CFPB to rescind BNPL rule

The Consumer Financial Protection Bureau plans to rescind its rule treating ‘buy now, pay later’ providers as credit card issuers.  

The Consumer Financial Protection Bureau plans to rescind its rule treating ‘buy now, pay later’ providers as credit card issuers.

The bureau announced May 7 that is deemphasizing enforcement of the rule. “The bureau will instead keep enforcement and supervision resources focused on pressing threats to consumers, particularly servicemen and veterans,” according to the CFPB. “The bureau takes this step in the interest of focusing resources on supporting hard-working American taxpayers, servicemen, veterans and small businesses.”

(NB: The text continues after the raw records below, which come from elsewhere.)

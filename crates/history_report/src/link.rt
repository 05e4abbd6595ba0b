//! The link of a page to the next one.

ghost use Rattle.std.specs.Prelude.{◌≡◌, ◌++◌, [], codes, Some, OnOk, if◌then◌else◌};
ghost use Rattle.form_urlencoded.specs.Form.{byte_serialize};
ghost use Rattle.history_report.specs.Html.{IsField, IsNextAddress, IsNextLink};
ghost use Rattle.history_report.specs.Paging.{IsPut};

use crate::html::{moment_text, put_escaped};
use crate::report::{Next, Report};
use form_urlencoded::byte_serialize;
use history_csv::node_text;
use history_text::TextFault;
use records::Moment;
use std::alloc::{AllocError, Global};

/// Appends bytes as a form writes them.
fn put_serialized(out: &mut Vec<u8>, bytes: &[u8]) -> Result<(), AllocError>
    ensures { OnOk result (out.new.items ≡ out.old.items ++ byte_serialize bytes.now) }
{
    for piece in byte_serialize(bytes) {
        out.extend_from_slice(piece.as_bytes())?;
    }
    Ok(())
}

/// Appends a moment as a field of a query, behind this word; nothing where there is none.
fn put_field(
    alloc: Global,
    word: &[u8],
    bound: Option<Moment>,
    out: &mut Vec<u8>,
) -> Result<(), AllocError>
    ensures { OnOk result (IsPut out.old.items out.new.items (IsField word.now bound)) }
{
    let Some(moment) = bound else {
        return Ok(());
    };
    let text = moment_text(alloc, moment)?;
    out.extend_from_slice(word)?;
    put_serialized(out, text.as_slice())?;
    Ok(())
}

/// The field of a query that asks for modifications.
fn changes_field(changes: bool) -> &'static [u8]
    ensures { result.now ≡ (if changes then codes "&changes=true" else []) }
{
    if changes { b"&changes=true" } else { b"" }
}

/// Appends the address of the page that has this stretch of a report.
fn put_address(
    alloc: Global,
    report: &Report,
    next: Next,
    out: &mut Vec<u8>,
) -> Result<(), TextFault>
    ensures { OnOk result (IsPut out.old.items out.new.items (IsNextAddress report.now next)) }
{
    let node = node_text(alloc, &report.node)?;
    out.extend_from_slice(b"/history?node=")?;
    put_serialized(out, node.as_slice())?;
    put_field(alloc, b"&from=", Some(next.from), out)?;
    put_field(alloc, b"&to=", next.to, out)?;
    out.extend_from_slice(changes_field(report.changes))?;
    Ok(())
}

/// Appends the link to the next page, nothing where there is none.
pub(crate) fn put_next_link(
    alloc: Global,
    report: &Report,
    out: &mut Vec<u8>,
) -> Result<(), TextFault>
    ensures { OnOk result (IsPut out.old.items out.new.items (IsNextLink report.now)) }
{
    let Some(next) = report.next else {
        return Ok(());
    };
    let mut address = Vec::new(alloc);
    put_address(alloc, report, next, &mut address)?;
    out.extend_from_slice(b"<p><a href=\"")?;
    put_escaped(out, address.as_slice())?;
    out.extend_from_slice(b"\">Next page</a></p>\n")?;
    Ok(())
}
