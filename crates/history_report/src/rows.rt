//! What a line is printed of, and many of them at once.

ghost use Rattle.std.specs.Prelude.{◌≡◌, ◌<◌, [], length, IsErrOf, OnOk};
ghost use Rattle.counted_io.specs.Bytes.{counted};
ghost use Rattle.history_csv.specs.Rows.{IsTextless, ShowsTextless};
ghost use Rattle.history_report.specs.Reports.{IsValueLine, IsChangeLine};
ghost use Rattle.history_report.specs.Paging.{SendsText, SendsFirst, SendsBefore, SendsLines, fault_told, values_left, changes_left};

use crate::fault::ReportFault;
use crate::lines::{put_change_line, put_value_line};
use crate::pages::{Pages, next_changes, next_values};
use crate::report::Report;
use crate::textless::{is_textless, shows_textless};
use archive::{Archive, StoreFault};
use counted_io::Counted;
use history_text::TextFault;
use records::{Entry, Held, Moment};
use std::alloc::Global;
use std::io::Write;

/// How long a text is made before it is printed, or a portion of it ends.
pub(crate) const LONG: usize = 65_536;

/// A live value, or a modification.
pub(crate) trait Row {
    ghost use Rattle.std.specs.Prelude.{◌≡◌, ◌↔◌, ℕ, ℤ, List, IfErr, IsTrue, MatchResult, OnOk, OnErr};
    ghost use Rattle.ua_binary.specs.declared.values.NodeId.{NodeId};
    ghost use Rattle.records.specs.Contents.{Content};
    ghost use Rattle.archive.specs.Store.{IsAskedWithin};
    ghost use Rattle.history_report.specs.declared.pages.Pages.{Pages};
    ghost use Rattle.history_report.specs.declared.report.Report.{Report};
    ghost use Rattle.history_report.specs.Paging.{Fails, GivesPage, IsPut, IsWhy};

    /// What its lines are.
    ghost is_line: { Report → Self → List ℕ → Type 0 };

    /// It shows a value that has no text.
    ghost is_textless: { Self → Type 0 };

    /// Its source time.
    ghost time_of: { Self → ℤ };

    /// Those that are still to come of a node's history.
    ghost left_of: { NodeId → Pages → Content → List Self };

    /// The next page of what is still to come; an empty one is the last.
    fn next_page<A: Archive>(
        alloc: Global,
        archive: &mut A,
        report: &Report,
        pages: &mut Pages,
    ) -> Result<Vec<Self>, StoreFault>
        ensures pages { MatchResult result
            (λ page. GivesPage (A.state archive.old) (A.state archive.new) page.items
            (left_of report.now.node pages.new) (left_of report.now.node pages.old))
            (λ why. Fails (A.state archive.old) (A.state archive.new) why) }
        ensures same { pages.new.within ≡ pages.old.within }
        ensures asked { IsAskedWithin 8 (A.asked archive.old) (A.asked archive.new) };

    /// Whether it shows a value that has no text.
    fn lacks_text(&self) -> bool
        ensures { IsTrue result ↔ is_textless self.now };

    /// Its source time.
    fn time(&self) -> Moment
        ensures { result ≡ time_of self.now };

    /// Appends it as a line. `NoText` says that it shows a value that has no text, and
    /// `OutOfMemory` that memory ran out; then nothing is appended.
    fn put_line(&self, alloc: Global, report: &Report, out: &mut Vec<u8>) -> Result<(), TextFault>
        ensures written { OnOk result
            (IsPut out.old.items out.new.items (is_line report.now self.now)) }
        ensures refused { IfErr result (IsWhy (is_textless self.now)) }
        ensures kept { OnErr result (out.new.items ≡ out.old.items) };
}

impl Row for Held {
    ghost is_line = { IsValueLine };

    ghost is_textless = { λ held. IsTextless held.value.value };

    ghost time_of = { λ held. held.time };

    ghost left_of = { values_left };

    fn next_page<A: Archive>(
        alloc: Global,
        archive: &mut A,
        report: &Report,
        pages: &mut Pages,
    ) -> Result<Vec<Held>, StoreFault> {
        next_values(alloc, archive, report, pages)
    }

    fn lacks_text(&self) -> bool {
        is_textless(&self.value.value)
    }

    fn time(&self) -> Moment {
        self.time
    }

    fn put_line(&self, alloc: Global, report: &Report, out: &mut Vec<u8>) -> Result<(), TextFault> {
        put_value_line(alloc, report, self, out)
    }
}

impl Row for Entry {
    ghost is_line = { IsChangeLine };

    ghost is_textless = { λ entry. ShowsTextless entry.value };

    ghost time_of = { λ entry. entry.time };

    ghost left_of = { changes_left };

    fn next_page<A: Archive>(
        alloc: Global,
        archive: &mut A,
        report: &Report,
        pages: &mut Pages,
    ) -> Result<Vec<Entry>, StoreFault> {
        next_changes(alloc, archive, report, pages)
    }

    fn lacks_text(&self) -> bool {
        shows_textless(&self.value)
    }

    fn time(&self) -> Moment {
        self.time
    }

    fn put_line(&self, alloc: Global, report: &Report, out: &mut Vec<u8>) -> Result<(), TextFault> {
        put_change_line(alloc, report, self, out)
    }
}

/// What ends a report, by why a text wasn't put.
pub(crate) fn fault_of(fault: TextFault) -> ReportFault
    ensures { result ≡ fault_told fault }
{
    match fault {
        TextFault::NoText => ReportFault::NoText,
        _ => ReportFault::OutOfMemory,
    }
}

/// Prints a text, and empties it.
fn send_text<W: Write>(text: &mut Vec<u8>, output: &mut Counted<W>) -> Result<(), ReportFault>
    ensures sends { SendsText text.old.items (W.contents output.old.inner)
        (W.contents output.new.inner) result }
    ensures empty { OnOk result (text.new.items ≡ []) }
    ensures write { IsErrOf result ReportFault.Write
        → output.new.faults ≡ counted output.old.faults }
    ensures kept { (IsErrOf result ReportFault.Write → ⊥) → output.new.faults ≡ output.old.faults }
{
    match output.send(text.as_slice()) {
        Ok(()) => {
            text.clear();
            Ok(())
        }
        Err(_) => Err(ReportFault::Write),
    }
}

/// Prints a text that has grown long, and empties it.
fn send_long<W: Write>(text: &mut Vec<u8>, output: &mut Counted<W>) -> Result<(), ReportFault>
    ensures sends { SendsFirst text.old.items text.new.items (W.contents output.old.inner)
        (W.contents output.new.inner) result }
    ensures short { OnOk result (length text.new.items < 65_536) }
    ensures write { IsErrOf result ReportFault.Write
        → output.new.faults ≡ counted output.old.faults }
    ensures kept { (IsErrOf result ReportFault.Write → ⊥) → output.new.faults ≡ output.old.faults }
{
    if text.len() < LONG {
        Ok(())
    } else {
        send_text(text, output)
    }
}

/// Prints the text of the lines before one that isn't put, and tells why that isn't.
fn send_before<W: Write>(
    fault: TextFault,
    text: &mut Vec<u8>,
    output: &mut Counted<W>,
) -> Result<(), ReportFault>
    ensures sends { SendsBefore (fault_told fault) text.old.items (W.contents output.old.inner)
        (W.contents output.new.inner) result }
    ensures write { IsErrOf result ReportFault.Write
        → output.new.faults ≡ counted output.old.faults }
    ensures kept { (IsErrOf result ReportFault.Write → ⊥) → output.new.faults ≡ output.old.faults }
{
    match send_text(text, output) {
        Ok(()) => Err(fault_of(fault)),
        Err(fault) => Err(fault),
    }
}

/// Prints a line for each row, up to one that can't be put. In `text` stands what is still to be
/// printed: less than `LONG`, and one row.
pub(crate) fn send_rows<T: Row, W: Write>(
    alloc: Global,
    report: &Report,
    rows: &[T],
    text: &mut Vec<u8>,
    output: &mut Counted<W>,
) -> Result<(), ReportFault>
    ensures sends { SendsLines (T.is_line report.now) T.is_textless rows.now
        (W.contents output.old.inner) (W.contents output.new.inner) result }
    ensures write { IsErrOf result ReportFault.Write
        → output.new.faults ≡ counted output.old.faults }
    ensures kept { (IsErrOf result ReportFault.Write → ⊥) → output.new.faults ≡ output.old.faults }
{
    text.clear();
    for row in rows {
        match row.put_line(alloc, report, text) {
            Ok(()) => {}
            Err(fault) => return send_before(fault, text, output),
        }
        match send_long(text, output) {
            Ok(()) => {}
            Err(fault) => return Err(fault),
        }
    }
    send_text(text, output)
}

Introduced last year under former Director Rohit Chopra, the rule requires BNPL issuers to provide similar legal provisions as credit card companies, including the right to dispute charges and demand a refund after returning a product acquired with a BNPL loan.

The rule had been met with pushback from the BNPL industry and banking trade groups. Klarna said the CFPB failed “to acknowledge the fundamental differences between BNPL and credit cards in their guidance and this announcement does nothing to address the $1.15 trillion in credit card debt.”

The CFPB shift from enforcing the BNPL rule comes as part of the bureau’s broader pullback on regulations introduced during the Biden administration. The CFPB recently announced that it doesn’t plan to enforce Section 1071. The bureau has been effectively shut down, following a directive from Acting Director Russell Vought earlier this year to halt operations.